So what is cruel optimism? From what I understand - and this is inevitably not the whole picture - it's about that never-ending hope you put in a person, an institution, an object or what-have-you. It's a love that doesn't stop when it is unreciprocated. It's desire, but even beyond the Lacanian preoccupation with lost objects, which has a tragic flair, it's desire that's stupid because it refuses to un-attach in spite of the risks of loss. It's comic, somewhat, in its stupidity.
Underneath it all is this phrase: Damnit, I love you in spite of the fact that you will probably reject me.
That is underneath it all, although the basic dynamic of cruel optimism can be applied to politics and to everything else supposedly valuable in this human life.

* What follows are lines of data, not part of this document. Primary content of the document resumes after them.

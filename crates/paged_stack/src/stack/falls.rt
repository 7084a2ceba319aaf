//! Items come off. Pages stay, as spare ones.
ghost use Rattle.std.specs.Prelude.{◌≡◌, ◌+◌, ◌-◌, ◌%◌, ◌<◌, ◌≤◌, [], ◌∷◌, ◌++◌, length, take, MatchOption};
ghost use Rattle.paged_stack.specs.Packed.{before_last};

use super::PagedStack;
use crate::block::PAGE_ITEMS;

impl<T: Copy> PagedStack<T> {
    /// Takes the last item off. It takes no memory, and gives none back.
    ///
    /// `None` comes exactly where the stack is empty, and then nothing changes.
    pub fn pop(&mut self) -> Option<T>
        ensures { MatchOption result ((self.old.items ≡ []) × (self.new ≡ self.old)) (λ item. (self.old.items ≡ self.new.items ++ item ∷ []) × (self.new.spare ≡ self.old.spare + 1)) }
    {
        if self.len == 0 {
            return None;
        }
        if self.len % PAGE_ITEMS == 1 {
            return Some(self.pop_first());
        }
        Some(self.pop_later())
    }

    // The last item is the first of its page, which is spare then.
    fn pop_first(&mut self) -> T
        requires { length self.old.items % 1024 ≡ 1 }
        ensures items { self.old.items ≡ self.new.items ++ result ∷ [] }
        ensures spare { self.new.spare ≡ self.old.spare + 1 }
    {
        let mut emptied = self.used.pop_back();
        let item = emptied.page.pop();
        self.spare.push_front(emptied);
        self.len -= 1;
        item
    }

    // The last item has others before it on its page.
    fn pop_later(&mut self) -> T
        requires { (0 < length self.old.items) × (length self.old.items % 1024 ≡ 1 → ⊥) }
        ensures items { self.old.items ≡ self.new.items ++ result ∷ [] }
        ensures spare { self.new.spare ≡ self.old.spare + 1 }
    {
        self.len -= 1;
        self.used.take()
    }

    /// Keeps the first `len` items. It takes no memory, and gives no page back.
    pub fn cut(&mut self, len: usize)
        requires { len ≤ length self.old.items }
        ensures items { self.new.items ≡ take len self.old.items }
        ensures spare { self.new.spare ≡ self.old.spare + (length self.old.items - len) }
    {
        while self.len > len {
            let before = (self.len - 1) / PAGE_ITEMS * PAGE_ITEMS;
            if before < len {
                self.shorten_last(len);
            } else {
                self.drop_last();
            }
        }
    }

    // The last page is spare then.
    fn drop_last(&mut self)
        requires { 0 < length self.old.items }
        ensures items { self.new.items ≡ take (before_last self.old.items) self.old.items }
        ensures spare { self.new.spare ≡ self.old.spare + (length self.old.items - before_last self.old.items) }
    {
        let emptied = self.used.pop_back();
        self.spare.push_front(emptied);
        self.len = (self.len - 1) / PAGE_ITEMS * PAGE_ITEMS;
    }

    // Only items of the last page go.
    fn shorten_last(&mut self, len: usize)
        requires { (before_last self.old.items < len) × (len ≤ length self.old.items) }
        ensures items { self.new.items ≡ take len self.old.items }
        ensures spare { self.new.spare ≡ self.old.spare + (length self.old.items - len) }
    {
        let before = (self.len - 1) / PAGE_ITEMS * PAGE_ITEMS;
        self.used.shorten(len - before);
        self.len = len;
    }
}
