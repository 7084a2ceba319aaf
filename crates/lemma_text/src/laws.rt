// Laws of the texts, each the contract of a function without parameters.
ghost use Rattle.std.specs.Prelude.{◌≡◌, ◌++◌, [], flat_map, IsTrue, List, ℕ};
ghost use Rattle.std.specs.List.{list_all};
ghost use Rattle.qc_model.specs.declared.problem.Kind.{Kind};
ghost use Rattle.lemma_list.specs.Lemmas.{Entry};
ghost use Rattle.lemma_text.specs.Text.{list_text};
ghost use Rattle.lemma_text.specs.Ranges.{has_text};
ghost use Rattle.lemma_text.specs.declared.item.Item.{Item};
ghost use Rattle.lemma_text.specs.States.{Place, allows};
ghost use Rattle.lemma_text.specs.Standing.{standing};
ghost use Rattle.lemma_text.specs.Telling.{Tells};
ghost use Rattle.lemma_text.specs.Places.{IsTextOrFault, NeverBoth, IsOneList, IsOneFault};
ghost use Rattle.lemma_text.specs.Items.{item_text, item_fits, list_items};

/// The pieces of a list, one after the other, are its text, and their numbers have a text where the list does.
pub fn items_spell_lists()
    ensures text { (loser : Kind) (entries : List Entry) → flat_map item_text (list_items loser entries) ≡ list_text loser entries }
    ensures fits { (loser : Kind) (entries : List Entry) → list_all item_fits (list_items loser entries) ≡ has_text entries }
{}

/// Each text is one list's.
pub fn each_text_is_of_one_list()
    ensures { (k l : Kind) (es fs : List Entry) → IsTrue (has_text es) → IsTrue (has_text fs) → list_text k es ≡ list_text l fs → (k ≡ l) × (es ≡ fs) }
{}

/// Any bytes are the text of one list, or they have one fault, at one place.
pub fn bytes_are_one_list_or_have_one_fault()
    ensures either { IsTextOrFault }
    ensures not_both { NeverBoth }
    ensures list { IsOneList }
    ensures fault { IsOneFault }
{}

/// Of two pieces that may stand at one place no text begins the other's.
pub fn no_piece_begins_another()
    ensures { (p : Place) (i j : Item) (rest : List ℕ) → IsTrue (allows p i) → IsTrue (allows p j) → IsTrue (item_fits i) → IsTrue (item_fits j) → item_text i ++ rest ≡ item_text j → (i ≡ j) × (rest ≡ []) }
{}

/// What any bytes say of the texts of lists, byte by byte: while they begin a text, which pieces they have
/// spelled, what is read of another, and whether they are a text; and else that they have a fault.
pub fn each_standing_is_right()
    ensures { (bytes : List ℕ) → Tells (standing bytes) bytes }
{}
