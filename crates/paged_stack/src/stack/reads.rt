//! What a stack tells, and its start.
ghost use Rattle.std.specs.Prelude.{◌≡◌, ◌<◌, ◌≤◌, [], length, slice_index_or, MatchOption};

use super::PagedStack;
use crate::block::PAGE_ITEMS;
use crate::pages::Pages;
use std::alloc::Global;

impl<T: Copy> PagedStack<T> {
    /// An empty stack, which takes no memory yet. Its pages come from `alloc`.
    pub fn new(alloc: Global) -> PagedStack<T>
        ensures { (result.items ≡ []) × (result.spare ≡ 0) }
    {
        PagedStack {
            used: Pages::new(),
            spare: Pages::new(),
            len: 0,
            alloc,
        }
    }

    /// How many items it holds.
    pub fn len(&self) -> usize
        ensures { result ≡ length self.now.items }
    {
        self.len
    }

    /// How many more items it takes with no new memory.
    pub fn spare(&self) -> usize
        ensures { result ≡ self.now.spare }
    {
        PAGE_ITEMS * (self.used.len() + self.spare.len()) - self.len
    }

    /// The item at place `k`, and `None` exactly where `k` is not below the length. It takes no memory, and walks from the
    /// nearer end of the pages.
    pub fn get(&self, k: usize) -> Option<T>
        ensures { MatchOption result (length self.now.items ≤ k) (λ item. (k < length self.now.items) × (item ≡ slice_index_or self.now.items k item)) }
    {
        if k >= self.len {
            return None;
        }
        let page = self.used.find(k / PAGE_ITEMS);
        Some(page.get(k % PAGE_ITEMS))
    }
}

Throughout there is that "self"-excoriation that has become normal in the academy - "we" are collectively dumb, following desires for normativity in professional achievement (no need to point out the ironies here), in love, in everything. The only exceptions-that-are-not-really-exceptions (as the spiel goes) is that those who understand and can articulate our love-stupidness in sparkling ways are able to have a bit of control through foresight over the losses that will inevitably come our way.
As I write this, my 11-year-old daughter is on the computer watching Beyonce roll around seductively on the Superbowl arena floor and I can't help but wonder if I would wish it upon her, this knowledge of optimism's cruelty. She is at a borderline, age-wise, and her optimism, when she displays it, is precious to me. It's precious to me even if her goal in life turns out to be rolling around seductively in front of millions of people. At the same time, I know she will be hurt, she will be be disappointed, she will not be Beyonce. There is cruelty in the fact that she is visibly and unstoppably barreling towards these disappointments.
What I am trying to get at here is that I love optimism, even if it is cruel. I feel I have to, in order to get by. And whereas "theory" often gestures towards a utopia of "some other way(s)" and "new and un-thought-of-ways-of-being," I am committed to living in this life and loving the stupidness of love.
I only came to this through having a child.
Watching my daughter I also remember my year spent with Eileen in Arlington, Virginia when we were 11 and my father was on sabbatical from Columbia University. It was a magical year for me and the suburbs were magical after a childhood in Manhattan with no outside in which to walk around freely. Eileen and I started a secret club called the "Make-You-Smile-Department" that distributed candy to neighborhood kids anonymously. We'd get up early and creep around giving out candy and notes with utter pleasure in our secret mission to spread this particular form of kid-centric happiness.
We were optimistic, it's true, and it's not hard for me to see those avid little creatures that we were in our para-professorial grown-up selves today.